With the introduction of new foods and smells Marvin has taken to anting over everything. So I'm giving into bath time because well he's gross and crusty. Here's my concern. He is fairly comfortable in my room where its quiet and dimly lit. However outside of my room where there's a lot of light and noise from my roommates he's a huffy ball. I know you're not supposed to put them into water when they're balled up but he won't come out. I don't blame him he hasn't lived here long and my roommates aren't aware of how sensitive he is to everything. So how do I go about getting him into the water without risking him freaking out and inhaling water?


----------



## hanhan27 (May 12, 2011)

I would fill the sink/tub just a *little* bit, with water deep enough to cover his feet... Run the water before you go in the bathroom to prevent one source of noise (a running tap) while you're in there. Then you can hang out in the bathroom with him for a little bit and see if he unballs. If not, you can try putting him in the little bit of water. Generally hogs can't ball up when they're in water, but I don't know how much water there has to be for that to happen. Just take it slow with him.

You can also try doing bath time when there's no one home. Another thing that might help is if you plug in a small 60w desk lamp in the bathroom during bath rim and use that for light instead of the normally bright overhead/vanity lights.


----------



## chelsea.kang (Dec 2, 2011)

Okay I'll do my best. Just super nervous. Hopefully tonight will be quiet as its the last night of finals and I know the majority of the roommates will be heading home before Marvin wakes up for his dinner around 10PM.


----------



## calisphere (Oct 29, 2011)

If you're planning a full bath, then I can suggest what worked for me. My Javo isn't as jumpy, so I filled up the tub with him in it (well, not filled up but added water). I put him at the other end of the tub and he unrolled as water started creeping up on him. However, when he rolled into a ball while I was trying to clip his nails, I would hold him with his back facing the water and gently lowering him into the water. It was just enough for the bottom of his back quills to be wet at the skin. He would eventually start unrolling and I would slowly shift him until he was right side up. Again, my little guy isn't as jumpy so it may not work for you.

On a side note, have you tried having a radio playing on a low volume for your hedgie to listen to? It might get him used to the sound of voices a bit.


----------



## Hissy-Fit-Hazel (Jul 15, 2011)

You should not fill tub/sink /basin with hedgie in it....you risk either burning them or making them cold  Do a search and read about hedgies being burned by water it's a sad, painful accident. ALWAYS test the water before they go in on your wrist as fingers don't feel the hot like wrist skin. It should be warm but not hot or cool...just warm enough. 

The sound of running water is often disturbing to hedgies. Mine freaks if I have her in her carry bag and go wash my hands without any bathing intention on her part lol.

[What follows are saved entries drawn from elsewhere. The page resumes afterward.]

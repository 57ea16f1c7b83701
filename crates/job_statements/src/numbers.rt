//! The numbers of sets or of targets that texts state, one after the other.
//!
//! A text is `N`, the number of each station, or `NAME=N`, that of one. Each is added to those that
//! were stated before it, so a second number of the same station is found where it stands.

ghost use Rattle.std.specs.Prelude.{◌≡◌, IfErr, IfOk, List, None, Some, map};
ghost use Rattle.std.specs.List.{list_any};
ghost use Rattle.std.specs.Str.{bytes_eq};
ghost use Rattle.job_statements.specs.StatedNumbers.{IsStatedBy, OfStation, StatesOne, WritesNumber};
ghost use Rattle.job_statements.specs.WrongTexts.{AddsNumber, AddsText, IsFaultAfter, IsSecond};
ghost use Rattle.job_statements.specs.WrongTexts.{IsUnstated, IsUnstatedAfter, IsUnwritten};

use crate::stated::{NamedNumber, StatedNumber};
use crate::zeros::bare_name;
use adjust_kernel::Name;
use std::alloc::Global;

/// Why a text can't stand where it does.
#[derive(Clone, Copy)]
pub enum CountFault<'a> {
    /// What stands before its last `=` is no name of a station.
    Name,

    /// What stands after it is no number.
    Digits,

    /// This is a number, and none from 1 up to the largest.
    Range(&'a str),

    /// A number of each station is stated before it.
    EachTwice,

    /// A number of its station is stated before it.
    OneTwice,
}

/// Why texts state no numbers.
#[derive(Clone, Copy)]
pub enum Unstated<'a> {
    /// Memory ran out for them.
    Memory,

    /// This is the first that can't stand where it does, and why.
    Wrong(&'a str, CountFault<'a>),
}

/// What texts state, each a number from 1 up to a largest.
///
/// # Errors
///
/// The first text that can't stand where it does; or that memory ran out.
pub fn numbers_of<'a>(
    alloc: Global,
    texts: &[&'a str],
    largest: u32,
) -> Result<StatedNumber, Unstated<'a>>
    ensures stated { IfOk result (IsStatedBy largest (map (λ text. text.now) texts.now)) }
    ensures why { IfErr result (IsUnstated largest (map (λ text. text.now) texts.now)) }
{
    let mut stated = StatedNumber {
        of_each: None,
        of_one: Vec::new(alloc),
    };
    for &text in texts {
        stated = with_text(stated, text, largest)?;
    }
    Ok(stated)
}

/// What is stated with one text more.
fn with_text<'a>(
    stated: StatedNumber,
    text: &'a str,
    largest: u32,
) -> Result<StatedNumber, Unstated<'a>>
    ensures added { IfOk result (AddsText largest stated text.now) }
    ensures why { IfErr result (IsUnstatedAfter largest stated text.now) }
{
    match number_in(text, largest) {
        Ok((None, number)) => with_each(stated, text, number),
        Ok((Some(name), number)) => with_one(stated, text, name, number),
        Err(fault) => Err(Unstated::Wrong(text, fault)),
    }
}

/// What is stated with a number of each station, which a text states.
fn with_each<'a>(
    stated: StatedNumber,
    text: &'a str,
    number: u32,
) -> Result<StatedNumber, Unstated<'a>>
    ensures added { IfOk result (AddsNumber stated (None, number)) }
    ensures why { IfErr result (IsSecond stated None text.entry CountFault.EachTwice) }
{
    match stated.of_each {
        None => Ok(StatedNumber {
            of_each: Some(number),
            ..stated
        }),
        Some(_) => Err(Unstated::Wrong(text, CountFault::EachTwice)),
    }
}

/// What is stated with a number of one station, which a text states.
fn with_one<'a>(
    mut stated: StatedNumber,
    text: &'a str,
    name: Name,
    number: u32,
) -> Result<StatedNumber, Unstated<'a>>
    ensures added { IfOk result (AddsNumber stated (Some name, number)) }
    ensures why { IfErr result (IsSecond stated (Some name) text.entry CountFault.OneTwice) }
{
    if is_named(&stated.of_one, &name) {
        return Err(Unstated::Wrong(text, CountFault::OneTwice));
    }
    match stated.of_one.push(NamedNumber { name, number }) {
        Ok(()) => Ok(stated),
        Err(_) => Err(Unstated::Memory),
    }
}

/// Whether one of the numbers is that of the station of this name.
fn is_named(numbers: &[NamedNumber], name: &Name) -> bool
    ensures { result ≡ list_any (λ told. bytes_eq told.name name.now) numbers.now }
{
    numbers.iter().any(|told| told.name.is_same(name))
}

/// What a text states: the station's name, or that it is of each, and the number.
fn number_in<'a>(text: &'a str, largest: u32) -> Result<(Option<Name>, u32), CountFault<'a>>
    ensures stated { IfOk result (StatesOne largest text.now) }
    ensures fault { IfErr result (λ fault. (numbers : List OfStation)
        → IsFaultAfter largest numbers text.now fault) }
{
    let Some((before, digits)) = text.rsplit_once("=") else {
        let number = written_in(text, largest)?;
        return Ok((None, number));
    };
    let Some(name) = Name::new(before.as_bytes()) else {
        return Err(CountFault::Name);
    };
    let number = written_in(digits, largest)?;
    Ok((Some(bare_name(&name)), number))
}

/// The number that digits write, from 1 up to a largest.
fn written_in<'a>(digits: &'a str, largest: u32) -> Result<u32, CountFault<'a>>
    ensures writes { IfOk result (WritesNumber largest digits.now) }
    ensures fault { IfErr result (IsUnwritten largest digits.now) }
{
    match digits.parse::<u32>() {
        Ok(number) if 1 <= number && number <= largest => Ok(number),
        Ok(_) => Err(CountFault::Range(digits)),
        Err(_) => Err(CountFault::Digits),
    }
}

Mine will also barely unball if I carry her into the bathroom. I just make sure to never have the water level deeper then her chest area so she can stand easily. When I set her down I make sure it is slow and bum first. Usually as soon as she feels the water on her butt she fully unballs. I also keep a full jug of warm water (again checked to make sure it is only warm) ready for her final rinse so I do not have to run water and upset her.


----------



## chelsea.kang (Dec 2, 2011)

Okay sounds good. Maybe I could bathe him in the kitchen sink when no one is around. That way I can fill both sides with water prior to bringing her into the kitchen. Any suggestions for cleaning the sink before and after hedgie bath? I use Ivory Dish Soap (the kind Larry recommends for his wheels) to clean his wheel and dishes. Should I just use that to give the sink a quick rinse before filling it up for a bath? 

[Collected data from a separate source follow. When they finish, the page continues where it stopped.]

//! Names without the zeros before them.

ghost use Rattle.std.specs.Prelude.{◌≡◌};
ghost use Rattle.adjust_kernel.specs.Names.{IsName};
ghost use Rattle.gsi_word.specs.Names.{name_of};

use adjust_kernel::Name;

/// The name that these bytes are, without the zeros before it, at least one byte kept.
// It calls itself once for each zero, of which a name has at most 16.
#[tactic(auto, using(crate::proofs::Bare::is_rest))]
fn bare_of(bytes: &[u8]) -> Name
    requires { IsName bytes.now }
    ensures { result ≡ name_of bytes.now }
{
    match bytes {
        [b'0', rest @ ..] if !rest.is_empty() => bare_of(rest),
        _ => Name::from_valid(bytes),
    }
}

/// A name without the zeros before it, as it is read in a field file.
pub fn bare_name(name: &Name) -> Name
    ensures { result ≡ name_of name.now }
{
    bare_of(name.bytes())
}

PS I don't intend on bathing him in the Ivory soap. I have Aveeno Baby Oatmeal for him


----------



## Hissy-Fit-Hazel (Jul 15, 2011)

It's likely fine just rinse well or you could even wipe with vinegar and rinse it. I use a 2 basin bathing system too...white plastic washing bins like one would use for camping but I set them on the floor lol. Hazel would likely be fine in the sink but I feel more comfortable on the floor so if she does escape my hands she can't fall. 

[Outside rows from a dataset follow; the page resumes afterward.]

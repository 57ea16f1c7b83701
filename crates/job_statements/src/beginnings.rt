//! How the stations of a field file begin.

use adjust_kernel::Name;

/// How the stations of a field file begin, as far as it is stated: by its set-up lines, where
/// nothing is.
#[derive(Clone, Copy, Debug, PartialEq, Eq, Drop)]
pub struct Beginnings {
    /// The name of the file's one station, where its lines set none up.
    pub station: Option<Name>,
    /// Whether a set-up line that has the name of the station that is open begins nothing.
    pub same_set_up: bool,
    /// The code whose blocks begin a station each, of the name in their first information.
    pub code: Option<Name>,
}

I always get every possible item needed together first so I do not have to look away from her for even a second to grab anything.


----------



## calisphere (Oct 29, 2011)

I knew I forgot to mention something. I have both a temp gun and a temperature probe to test the water temperature. I have so many animals that I have a chart confirming what temperatures are safe for each species, even for the dog. As for the noise scaring Javo, I guess he's either too lazy or too trusting to be scared. He huffs when I wake him up, but otherwise is silent in his opinions. Though, he did inform me that he didn't like the Christmas musical episode of Family Guy the other night. I never saw him react so badly to the tv being on. Lol

Back to the temperature thing... as a reptile owner, I know that most good repti keepers will swear by temp guns and will always test water temperatures with at least a probe. I just carry it over to the mammals as well, especially with the hairless cavy and it being winter. Most forget that we humans are generally around 98.5 or so degrees and if the water feels warm to us, it's probably over 100 degrees. That could be a little too warm for some animals.


----------



## chelsea.kang (Dec 2, 2011)

Well all said and done... He unballed before I put him in the water. And then I set him down in shallow water... What did he do as soon as I let go of him? BALL UP! Yep balled up in water like a fool and wouldn't let me pick him back up. Every time I tried to quick grab him he'd ball up again. Had to quickly drain the sink and deal with a very angry hog. I'm hoping he didn't inhale too much water. He's sleeping off his stressful swim on my lap now. :roll:


----------



## Hissy-Fit-Hazel (Jul 15, 2011)

oh my lol...you will have to keep an eye out for an uri or pneumonia. Hazel did this to me once and I was surprised but she actually blew out bubbles like a person might under water and nothing came of it thankfully. I keep a face cloth nearby to grab quick if required but they can be so quick!


----------



## Hissy-Fit-Hazel (Jul 15, 2011)

calisphere said:


> I knew I forgot to mention something. I have both a temp gun and a temperature probe to test the water temperature. I have so many animals that I have a chart confirming what temperatures are safe for each species, even for the dog. As for the noise scaring Javo, I guess he's either too lazy or too trusting to be scared. He huffs when I wake him up, but otherwise is silent in his opinions. Though, he did inform me that he didn't like the Christmas musical episode of Family Guy the other night. I never saw him react so badly to the tv being on. Lol
> 
> Back to the temperature thing... as a reptile owner, I know that most good repti keepers will swear by temp guns and will always test water temperatures with at least a probe. I just carry it over to the mammals as well, especially with the hairless cavy and it being winter. Most forget that we humans are generally around 98.5 or so degrees and if the water feels warm to us, it's probably over 100 degrees. That could be a little too warm for some animals.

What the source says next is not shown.